O fato político mais relevante desses últimos dias não foi a
revelação das propinas recebidas pelo interino e seu ministro das
relações exteriores. Apesar do desdém da mídia nativa - manipuladora e
venal -, o acontecimento mais importante, repleto de sentidos e
significados, ocorreu na abertura dos jogos olímpicos, na última
sexta-feira (05/08). Aos olhos do mundo, o golpe apareceu retumbante não
nas vaias ao interino, mas na absoluta ausência de chefes de estado e
de governo na cerimônia, no Maracanã (veja também aqui).
A disputa pela narrativa do golpe foi abafada violentamente no
país. A coalização golpista - envolvendo líderes políticos, o
Parlamento, a mídia, parte do empresariado, do judiciário e dos setores
retrógrados da classe média - tentou a todo o custo impedir que os
brasileiros percebessem o golpe à democracia, travestido no processo de
impedimento de Dilma Rousseff.

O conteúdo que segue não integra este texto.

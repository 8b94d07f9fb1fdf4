ghost use Rattle.std.specs.Prelude.{◌≡◌, ◌≢◌, OnOk, OnErr};
ghost use Rattle.json_model.specs.declared.fault.JsonFault.TheVariants as json_fault;
ghost use Rattle.json_model.specs.Ranks.{rank as rank_of, better as better_of};

use document_keys::{NoMemory, Text};
use std::alloc::{AllocError, AllocFailed};

/// Why a text isn't the name that was to be read. The first that holds is reported.
#[derive(Clone, Copy, Debug, PartialEq, Eq)]
pub enum NamingFault {
    /// The text doesn't begin as a name of that database does.
    WrongRoot = 1,
    /// A part of the text isn't a segment.
    BadSegment = 2,
    /// A document name has an odd number of segments.
    OddLength = 3,
    /// A field name is empty or has more than 1,500 bytes, or a text isn't of the form of a field path.
    BadPath = 4,
    /// A field name is of the form `__.*__`.
    ReservedField = 5,
}

/// A name that breaks the rules of names.
#[derive(Debug, Drop)]
pub struct BadName {
    /// The rule.
    pub fault: NamingFault,
    /// The whole text that was read, or the field name.
    pub name: Text,
}

/// Why a tree isn't what was to be read. The text is the name of the member at fault.
#[derive(Debug, Drop)]
pub enum JsonFault {
    /// The member's value has the wrong shape, is missing, or the member isn't known.
    BadShape(Text),
    /// The member's value isn't a time.
    BadTime(Text),
    /// The member's value isn't base64.
    BadBytes(Text),
    /// Arrays and maps nest too deep.
    TooDeep,
    /// The member is one that isn't supported.
    Unsupported(Text),
    /// A name of a document or a field breaks the rules of names.
    BadName(BadName),
    /// No memory was found.
    NoMemory,
}

impl JsonFault {
    /// Nothing where the fault is one of a tree.
    ///
    /// # Errors
    /// `NoMemory` where it is want of memory.
    pub fn unless_memory(&self) -> Result<(), NoMemory>
        ensures fault { OnOk result (self.now ≢ json_fault.NoMemory) }
        ensures memory { OnErr result (self.now ≡ json_fault.NoMemory) }
    {
        match self {
            JsonFault::NoMemory => Err(NoMemory),
            _ => Ok(()),
        }
    }
}

impl From<NoMemory> for JsonFault {
    ghost use Rattle.std.specs.Prelude.{◌≡◌};
    ghost use Rattle.json_model.specs.declared.fault.JsonFault.TheVariants as json_fault;

    ghost from_gives = { λ _ e. e ≡ json_fault.NoMemory };

    fn from(_none: NoMemory) -> Self {
        JsonFault::NoMemory
    }
}

/// The place of a kind of fault in the order in which kinds are reported.
fn rank(fault: &JsonFault) -> u8
    ensures { result ≡ rank_of fault.now }
{
    match fault {
        JsonFault::BadShape(_) => 1,
        JsonFault::BadTime(_) => 1,
        JsonFault::BadBytes(_) => 1,
        JsonFault::TooDeep => 2,
        JsonFault::Unsupported(_) => 3,
        JsonFault::BadName(_) => 4,
        JsonFault::NoMemory => 5,
    }
}

/// Puts the later of two faults in place of the earlier one, where it is of a kind that is reported first, or there is none
/// earlier.
pub(crate) fn improve(fault: &mut Option<JsonFault>, later: Option<JsonFault>)
    ensures { fault.new ≡ better_of fault.old later }
{
    let Some(second) = later else {
        return;
    };
    let is_better = match fault {
        Some(first) => rank(&second) < rank(first),
        None => true,
    };
    if is_better {
        *fault = Some(second);
    }
}
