//! Texts that stand as constants.

ghost use Rattle.std.specs.Prelude.{◌≡◌};
ghost use Rattle.json_model.specs.Constants as constants;

use crate::place::Constants;

/// Whether filters are joined by it.
#[tactic(auto, unfolding(crate::specs::Constants::is_junction))]
fn is_junction(text: &str) -> bool
    ensures { result ≡ constants.is_junction text.now }
{
    match text {
        "AND" => true,
        "OR" => true,
        _ => false,
    }
}

/// Whether a field may stand so to an operand.
#[tactic(auto, unfolding(crate::specs::Constants::is_operator))]
fn is_operator(text: &str) -> bool
    ensures { result ≡ constants.is_operator text.now }
{
    match text {
        "ARRAY_CONTAINS" => true,
        "ARRAY_CONTAINS_ANY" => true,
        "EQUAL" => true,
        "GREATER_THAN" => true,
        "GREATER_THAN_OR_EQUAL" => true,
        "IN" => true,
        "LESS_THAN" => true,
        "LESS_THAN_OR_EQUAL" => true,
        "NOT_EQUAL" => true,
        "NOT_IN" => true,
        _ => false,
    }
}

/// Whether it is a test of a field.
#[tactic(auto, unfolding(crate::specs::Constants::is_test))]
fn is_test(text: &str) -> bool
    ensures { result ≡ constants.is_test text.now }
{
    match text {
        "IS_NOT_NULL" => true,
        "IS_NULL" => true,
        _ => false,
    }
}

/// Whether it is the direction of an order.
#[tactic(auto, unfolding(crate::specs::Constants::is_direction))]
fn is_direction(text: &str) -> bool
    ensures { result ≡ constants.is_direction text.now }
{
    match text {
        "ASCENDING" => true,
        "DESCENDING" => true,
        "DIRECTION_UNSPECIFIED" => true,
        _ => false,
    }
}

/// Whether it says what became of targets.
#[tactic(auto, unfolding(crate::specs::Constants::is_change_type))]
fn is_change_type(text: &str) -> bool
    ensures { result ≡ constants.is_change_type text.now }
{
    match text {
        "ADD" => true,
        "CURRENT" => true,
        "NO_CHANGE" => true,
        "REMOVE" => true,
        "RESET" => true,
        _ => false,
    }
}

/// Whether it is the name of a stream of the backend.
#[tactic(auto, unfolding(crate::specs::Constants::is_stream_name))]
fn is_stream_name(text: &str) -> bool
    ensures { result ≡ constants.is_stream_name text.now }
{
    match text {
        "watch" => true,
        "write" => true,
        _ => false,
    }
}

/// Whether it is the name of a timer.
#[tactic(auto, unfolding(crate::specs::Constants::is_timer_name))]
fn is_timer_name(text: &str) -> bool
    ensures { result ≡ constants.is_timer_name text.now }
{
    text == "online"
}

/// Whether it is a test of a field that isn't supported.
#[tactic(auto, unfolding(crate::specs::Constants::is_untaken_test))]
fn is_untaken_test(text: &str) -> bool
    ensures { result ≡ constants.is_untaken_test text.now }
{
    match text {
        "IS_NAN" => true,
        "IS_NOT_NAN" => true,
        _ => false,
    }
}

/// Whether the operand is a list of operands.
#[tactic(auto, unfolding(crate::specs::Constants::is_list_operator))]
pub(crate) fn is_list_operator(text: &str) -> bool
    ensures { result ≡ constants.is_list_operator text.now }
{
    match text {
        "ARRAY_CONTAINS_ANY" => true,
        "IN" => true,
        "NOT_IN" => true,
        _ => false,
    }
}

/// Whether the text may stand as such a constant.
pub(crate) fn is_constant(which: Constants, text: &str) -> bool
    ensures { result ≡ constants.is_constant which text.now }
{
    match which {
        Constants::Junction => is_junction(text),
        Constants::Operator => is_operator(text),
        Constants::Test => is_test(text),
        Constants::Direction => is_direction(text),
        Constants::ChangeType => is_change_type(text),
        Constants::StreamName => is_stream_name(text),
        Constants::TimerName => is_timer_name(text),
    }
}

/// Whether the text is such a constant, and one that isn't supported.
pub(crate) fn is_untaken(which: Constants, text: &str) -> bool
    ensures { result ≡ constants.is_untaken which text.now }
{
    match which {
        Constants::Test => is_untaken_test(text),
        _ => false,
    }
}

Pesquisas de opinião já comprovavam, na
semana anterior, que o povo não engoliu o engodo. A rejeição ao governo
de plantão é colossal.
Mas a prova dos nove seria a recepção da comunidade internacional
ao governo interino. Apesar dos esforços do Itamaraty em relativizar a
possível ausência de líderes, muitos sinais externos já evidenciavam a
rejeição dos democratas de todos os países a Temer e seu gabinete.
Mas a reportagem do jornalista Jamil Chade do Estadão (aqui)
caiu como um torpedo na cabeça dos golpistas. O repórter, único a
adentrar na área reservada às autoridades internacionais, constatou a
derrota colossal, vergonhosa, estupenda do interino, seu chanceler e seu
governo. Somente 18 chefes de estado presentes. Alguns, como Hollande,
vieram para cumprir protocolo, porque a França tem interesse em sediar
os jogos olímpicos no futuro. Outros, porque são membros do Comitê
Olímpico Internacional. Os poucos presentes eram de países sem
relevância no concerto das Nações. A ausência dos líderes dos BRICS, por
exemplo, deixa claro o estrago que um golpe provoca nas relações
internacionais. Da América Latina, nossos vizinhos, somente o argentino
Macri, cujo governo retrógrado, conservador, autoritário e entreguista
comunga com a turma do governo de plantão no país.
E como se não bastasse tamanho desdém da comunidade internacional,
os poucos líderes presentes evitaram se encontrar com Temer. E mais:
para a humilhação final e apoteótica, como um tiro de misericórdia,
autoridades convidadas a ocuparem a área reservada ao presidente
interino recusaram a “honraria”. Segundo o jornalista que descreveu a
constrangedora cena, “o governo brasileiro tentou convidar os poucos
líderes a ficar no principal camarote, ao lado de Michel Temer,
presidente interino. Sem sucesso, o local foi preenchido por diversos
ministros do governo e autoridades municipais e do governo do
estado. Antes mesmo de terminar o evento e logo depois do desfile da
delegação da França, o presidente François Hollande deixou o Maracanã, à
francesa”.
Hollande saindo à francesa. Um tapa na cara seria menos dolorido...
A foto do interino na abertura, solitário e desconcertado, sendo
ladeado pelos amigos da empreitada golpista, mostrava o isolamento do
governante de plantão...
Esse acontecimento, ignorado pela emissora oficial do golpe e pela
mídia nativa e que só foi revelado pela reportagem do Estadão, por
incrível que pareça, não deixa nenhuma dúvida. Os democratas que estão
lutando em prol da democracia no país ganharam a narrativa acerca do
golpe. Independentemente do resultado da votação do impeachment pelo
Senado - o jogo jogado de políticos interesseiros que envergonham
qualquer Nação -, a posteridade saberá o que ocorreu neste país quando
uma turba tomou de assalto o poder, à revelia da deliberação popular.